国民年金保険を受給する際、受給要件に納付期間があります。保険料免除制度や猶予制度を利用した場合、この期間は受給資格期間に算入されます。安心して制度を利用することができますね。
年金額への影響はあるの?
免除期間の年金額は、免除額の割合によって減額されます。
・全額免除
保険料を全額納付した場合、年金額の2分の1が支給。
・4分の3免除
保険料を全額納付した場合、年金額の8分の5が支給。
・半額免除
保険料を全額納付した場合、年金額の8分の6が支給。
・4分の1免除
保険料を全額納付した場合、年金額の8分の7が支給。
以上の割合で、年金が支給されます。納付猶予制度を利用した場合は、受給資格期間にカウントされますが、この期間の年金額は0となります。
保険料免除、納付猶予制度を受ける収入の条件は?
保険料免除の収入基準(全額納付・4分の3免除)
・全額納付
前年所得が以下の計算式で計算した金額の範囲内であること
(扶養親族等の数+1)×35万円+22万円
・4分の3免除
前年所得が以下の計算式で計算した金額の範囲内であること
78万円+扶養親族等控除額+社会保険料控除額等
保険料免除の収入基準(半額免除・4分の1免除)
・半額免除
前年所得が以下の計算式で計算した金額の範囲内であること
118万円+扶養親族等控除額+社会保険料控除額等
・4分の1免除
前年所得が以下の計算式で計算した金額の範囲内であること
158万円+扶養親族等控除額+社会保険料控除額等
保険料免除の収入基準の注意点
保険料免除の収入は、本人だけではなく、配偶者や世帯主の所得も計算されます。収入がある親が世帯主で同居している場合など、この条件で免除の申請ができない場合もあるので、注意しましょう。
保険料納付猶予の収入基準
前年所得が以下の計算式で計算した金額の範囲内であること
(扶養親族等の数+1)×35万円+22万円
納付猶予制度の場合は、免除制度の場合と違い、世帯主の収入は計算されません。
ただし、配偶者の収入は計算されるので、注意してください。
保険料免除、保険料猶予制度の申請方法は?
保険料免除、保険料猶予申請は市役所(役場)へ
保険料免除、保険料猶予制度ともに、申請は住民登録をしている市(区)役所や町村役場の国民年金担当窓口になります。申請用紙は各窓口および、年金事務所に備え付けられています。郵送でも申請可能で、その場合は日本年金機構のホームページより、ダウンロード可能です。
申請に必要なものは?
各種申請に必要な書類は、受ける条件により変わります。確実に必要なものは、国民年金手帳か、基礎年金番号通知書です。このほか、所得証明や所得の申立書が必要な場合があります。こちらは各役所、役場で取ることができるので、必要になれば申請時に取りに行くことも可能です。
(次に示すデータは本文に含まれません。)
//! Words under the operators of the source language: what an operator makes of the values of its operands, and what
//! stands side by side, is repeated, read or written of a word.
//!
//! A word is a width from 1 to 128 bits and a value below 2 ^ width. Bit 0 is the least. It stands on the definitions of
//! `v_meaning`, whose operators these functions are. Promised is that each answers exactly what its definition says, and
//! a value that fits its width. Nothing takes memory, and no function goes over the bits of a word one by one.
#![tactic(auto)]

mod arithmetic;
mod operators;
mod parts;
mod sign;

pub use operators::{operate, operate_before};
pub use parts::{beside, copies, part, with_part};
pub use sign::{extend, is_less, is_negative};
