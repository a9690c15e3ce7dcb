ghost use Rattle.std.specs.Prelude.{◌≡◌, ◌≤◌, ◌<◌, ◌^◌, ◌+◌, ◌-◌, ◌*◌, ◌/◌, ◌%◌, ℕ};
ghost use Rattle.v_meaning.specs.Senses.{copies};
ghost use Rattle.v_meaning.specs.Views.{with_bits};

use crate::arithmetic::shift_right;
use lz_base::cut;

/// Two words side by side, the left one more significant (IEEE Std 1364-2005, 5.1.14). A width may be 0.
#[tactic(auto, using(crate::proofs::Splits::beside_below, crate::proofs::Splits::beside_or, std::proofs::lemmas::Nat::shl_whole))]
pub fn beside(left_width: u32, left: u128, right_width: u32, right: u128) -> u128
    requires within { left_width + right_width ≤ 128 }
    requires left_fits { left < 2 ^ left_width }
    requires right_fits { right < 2 ^ right_width }
    ensures value { result ≡ left * 2 ^ right_width + right }
    ensures below { result < 2 ^ (left_width + right_width) }
{
    if left_width == 0 {
        right
    } else {
        (left << right_width) | right
    }
}

/// So many copies of a word side by side (5.1.14).
pub fn copies(count: u32, width: u32, value: u128) -> u128
    requires has_bit { 1 ≤ width }
    requires within { count * width ≤ 128 }
    requires fits { value < 2 ^ width }
    ensures value { result ≡ copies count width value }
    ensures below { result < 2 ^ (count * width) }
{
    let mut word = 0;
    for i in 0..count {
        word = beside(width, value, i * width, word);
    }
    word
}

/// So many bits of a word, from the number of the lowest one up (5.2.1).
pub fn part(value: u128, low: u32, width: u32) -> u128
    requires { width ≤ 128 }
    ensures value { result ≡ value / 2 ^ low % 2 ^ width }
    ensures below { result < 2 ^ width }
{
    cut(shift_right(value, low as u128), width)
}

/// A word with another value in so many of its bits, from the number of the lowest one up. A word of any width that has
/// these bits keeps that width.
#[tactic(auto, using(crate::proofs::Splits::with_bits_below, crate::proofs::Splits::high_part))]
pub fn with_part(low: u32, width: u32, value: u128, word: u128) -> u128
    requires has_bit { 1 ≤ width }
    requires within { low + width ≤ 128 }
    requires fits { value < 2 ^ width }
    ensures value { result ≡ with_bits low width value word }
    ensures below { (whole : ℕ) → low + width ≤ whole → word < 2 ^ whole → result < 2 ^ whole }
{
    let below = beside(width, value, low, cut(word, low));
    let end = low + width;
    beside(128 - end, shift_right(word, end as u128), end, below)
}
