//! What is open where a text is read.

ghost use Rattle.std.specs.Prelude.{◌≡◌};
ghost use Rattle.py_lexer.specs.Runs.{start};

use crate::stack::{Blocks, Brackets};
use py_literals::text::StringKind;
use std::alloc::Global;

/// Where in a text its next character stands.
#[derive(Clone, Copy, Debug, PartialEq, Eq)]
pub enum Mode {
    /// At the beginning of a logical line, before its indentation.
    LineStart,
    /// At the first token of a logical line, behind white space of this column.
    Indented(usize),
    /// Inside a logical line.
    Inside,
    /// In the text of a formatted string of this kind, behind whose body so many characters of the whole text stand.
    Literal(StringKind, usize),
    /// In a field of such a string.
    Field(StringKind, usize),
}

/// The leading white space of lines: all of a text's is of one kind.
#[derive(Clone, Copy, Debug, PartialEq, Eq)]
pub enum White {
    Spaces,
    Tabs,
}

/// What is open at a place of a text.
#[derive(Debug, Drop)]
pub struct State {
    pub mode: Mode,
    /// The open brackets outside of fields.
    pub brackets: Brackets,
    /// The columns of the open blocks.
    pub blocks: Blocks,
    /// The kind of leading white space that was seen so far.
    pub white: Option<White>,
}

impl State {
    /// Before the first character of a text.
    pub fn new(alloc: Global) -> State {
        State {
            mode: Mode::LineStart,
            brackets: Brackets::new(alloc),
            blocks: Blocks::new(alloc),
            white: None,
        }
    }

    /// Goes before the first character of a further text, and keeps the room of what was open.
    pub fn begin(&mut self)
        ensures { self.new ≡ start }
    {
        self.mode = Mode::LineStart;
        self.brackets.clear();
        self.blocks.clear();
        self.white = None;
    }
}
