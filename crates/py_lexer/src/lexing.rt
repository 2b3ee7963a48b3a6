//! The tokens of a text, piece by piece.

ghost use Rattle.std.specs.Prelude.{◌≡◌, ◌∷◌, ◌≤◌, ◌<◌, ◌+◌, ◌^◌, length, take, drop, chars, IfOk, IfErr, []};
ghost use Rattle.std.specs.List.{list_any};
ghost use Rattle.py_literals.specs.Place.{after};
ghost use Rattle.py_lexer.specs.Chars.{is_line_end};
ghost use Rattle.py_lexer.specs.Front.{front_of};
ghost use Rattle.py_lexer.specs.Pieces.{finish, piece};
ghost use Rattle.py_lexer.specs.Runs.{Tokens, first_place, start, HasTokens, IsFaultOf, IsRefusedBy};

use crate::fstring::{field_end, literal};
use crate::gap::behind_gap;
use crate::inside::inside;
use crate::margin::{indentation, margin};
use crate::piece::Piece;
use crate::quick::{pass_line_end, push_quick};
use crate::scratch::Scratch;
use crate::source::source_chars;
use crate::spellings::Spellings;
use crate::state::{Mode, State};
use crate::token::{Kind, LexError, LexKind, Token, Value};
use py_literals::place::{Pos, after};
use rv_names::Memory;
use std::alloc::{AllocError, Global};
use std::mem;

/// About how many characters a token has, with the white space and the comments before it.
const TOKEN_LEN: usize = 8;

/// From how many characters on a piece is long.
const LONG_PIECE: usize = 16;

/// What stands at the end: an open bracket, the end of the last line, or that of a block.
fn finish(state: &mut State) -> Piece
    ensures { front_of result state.new ≡ finish state.old state.old.brackets }
{
    if let Some(at) = state.brackets.innermost() {
        return Piece::Unclosed(at);
    }
    if state.mode != Mode::LineStart {
        state.mode = Mode::LineStart;
        return Piece::Found(0, Kind::Newline, Value::Nothing);
    }
    match state.blocks.close() {
        None => Piece::Over,
        Some(_) => Piece::Found(0, Kind::Dedent, Value::Nothing),
    }
}

/// What stands at the front, by what is open there.
fn piece(
    alloc: Global,
    spellings: &mut Spellings,
    at: Pos,
    state: &mut State,
    chars: &[char],
) -> Result<Piece, Memory>
    requires { length chars.now < 2 ^ 60 }
    ensures { IfOk result (λ p. front_of p state.new ≡ piece at state.old chars.now) }
{
    let [first, rest @ ..] = chars else {
        return Ok(finish(state));
    };
    match state.mode {
        Mode::LineStart => Ok(margin(state, chars)),
        Mode::Indented(column) => indentation(
            alloc, spellings, at, state, column, *first, rest, chars,
        ),
        Mode::Inside => inside(alloc, spellings, at, state, *first, rest, chars),
        Mode::Literal(kind, beyond) => literal(alloc, spellings, state, kind, beyond, chars),
        Mode::Field(kind, beyond) => {
            if *first == '}' {
                Ok(field_end(state, kind, beyond))
            } else {
                inside(alloc, spellings, at, state, *first, rest, chars)
            }
        }
    }
}

/// The first so many of the characters, or all, and the rest.
fn parted(chars: &[char], len: usize) -> (&[char], &[char])
    ensures front { result.0.now ≡ take len chars.now }
    ensures rest { result.1.now ≡ drop len chars.now }
{
    chars.split_at(len.min(chars.len()))
}

/// Whether one of the characters ends a line. Of many it looks at each, which is faster than to stop at the first.
fn has_line_end(chars: &[char]) -> bool
    ensures { result ≡ list_any is_line_end chars.now }
{
    if chars.len() < LONG_PIECE {
        return chars.iter().any(|c| *c == '\n');
    }
    let mut ends = false;
    for c in chars {
        ends |= *c == '\n';
    }
    ends
}

/// The place behind these characters, most of which stand in one line.
#[tactic(auto, using(crate::proofs::Places::after_in_line))]
fn moved(at: Pos, chars: &[char]) -> Pos
    requires lines { at.line + length chars.now < 2 ^ 32 }
    requires columns { at.col + length chars.now < 2 ^ 32 }
    ensures { result ≡ after at chars.now }
{
    if has_line_end(chars) {
        after(at, chars)
    } else {
        Pos {
            line: at.line,
            col: at.col + chars.len() as u32,
        }
    }
}

/// The place behind a line end.
fn next_line(at: Pos) -> Pos
    requires { at.line + 1 < 2 ^ 32 }
    ensures { result ≡ after at (10 ∷ []) }
{
    Pos {
        line: at.line + 1,
        col: 1,
    }
}

/// No tokens, with room for those of a text of so many characters.
fn no_tokens(room: Vec<Token>, len: usize) -> Result<Vec<Token>, AllocError>
    ensures { IfOk result (λ v. v.items ≡ []) }
{
    let mut tokens = room;
    tokens.clear();
    tokens.reserve(len / TOKEN_LEN)?;
    Ok(tokens)
}

fn tokens_of(
    alloc: Global,
    room: Vec<Token>,
    spellings: &mut Spellings,
    state: &mut State,
    text: &[char],
) -> Result<Vec<Token>, LexError>
    requires short { length text.now < 2 ^ 31 }
    requires begun { state.old ≡ start }
    ensures tokens { IfOk result (λ v. Tokens first_place start text.now v.items) }
    ensures fault { IfErr result (IsFaultOf text.now) }
{
    let mut tokens = no_tokens(room, text.len())?;
    let mut at = Pos { line: 1, col: 1 };
    let mut rest = text;
    'pieces: loop {
        if let Some(behind) = behind_gap(state, rest) {
            at.col += (rest.len() - behind.len()) as u32;
            rest = behind;
            continue 'pieces;
        }
        let quick = push_quick(at, state, rest, &mut tokens)?;
        if quick > 0 {
            at.col += quick as u32;
            let (_, behind) = rest.split_at(quick);
            rest = behind;
            continue 'pieces;
        }
        let ended = pass_line_end(at, state, rest, &mut tokens)?;
        if ended {
            at = next_line(at);
            rest = parted(rest, 1).1;
            continue 'pieces;
        }
        match piece(alloc, spellings, at, state, rest)? {
            Piece::Found(len, kind, value) => {
                tokens.push(Token { kind, value, at })?;
                let (front, behind) = parted(rest, len);
                at = moved(at, front);
                rest = behind;
            }
            Piece::Passed(len) => {
                let (front, behind) = parted(rest, len);
                at = moved(at, front);
                rest = behind;
            }
            Piece::Bad(kind, ahead) => {
                let (front, _) = parted(rest, ahead);
                let at = after(at, front);
                return Err(LexError::Fault { kind, at });
            }
            Piece::Unclosed(at) => {
                return Err(LexError::Fault {
                    kind: LexKind::OpenBracket,
                    at,
                });
            }
            Piece::Over => return Ok(tokens),
        }
    }
}

/// The tokens of a Python text, or its one fault (Language Reference, chapter 2).
///
/// Tokens are read from the left. A logical line that has tokens ends with a NEWLINE, blocks are told by INDENT and
/// DEDENT, and there is no end marker. Of the faults of one token and of the indentation before it that with the least
/// place is told; the `LexKind`s stand in the order that decides at one place.
///
/// `Memory` comes only where there is no memory left. Linear in the length of the text.
pub fn lex(alloc: Global, text: &str) -> Result<Vec<Token>, LexError>
    requires { length text.now < 2 ^ 31 }
    ensures tokens { IfOk result (λ v. HasTokens (chars text.now) v.items) }
    ensures fault { IfErr result (IsRefusedBy (chars text.now)) }
{
    let mut scratch = Scratch::new(alloc);
    lex_with(alloc, &mut scratch, text)
}

/// As `lex`, with the room that was kept of the texts before. So most of the memory for a text is taken once. A short name
/// or text of ASCII takes none.
pub fn lex_with(alloc: Global, scratch: &mut Scratch, text: &str) -> Result<Vec<Token>, LexError>
    requires { length text.now < 2 ^ 31 }
    ensures tokens { IfOk result (λ v. HasTokens (chars text.now) v.items) }
    ensures fault { IfErr result (IsRefusedBy (chars text.now)) }
{
    let room = mem::replace(&mut scratch.chars, Vec::new(alloc));
    let chars = source_chars(alloc, room, text)?;
    let room = mem::replace(&mut scratch.tokens, Vec::new(alloc));
    scratch.state.begin();
    let tokens = tokens_of(
        alloc,
        room,
        &mut scratch.spellings,
        &mut scratch.state,
        &chars,
    );
    scratch.chars = chars;
    tokens
}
また、失業が理由で申請する場合、失業の事実が確認できる書類が必要な場合もあります。個別に要件が変わりますので、窓口で相談するとよいでしょう。
まとめ
国民年金保険料の免除制度や猶予制度は自分で申請をする必要があるので、気が付かずに適用されていない人が多いです。学生の猶予制度は知っているけど、この制度は知らなかったという人も多いでしょう。免除制度や猶予制度で受給できる年金額が減りますが、今後収入が増えた場合追納する制度もあります。メリットが多い制度なので、自分が対象になるか、一度計算してみるといいですね。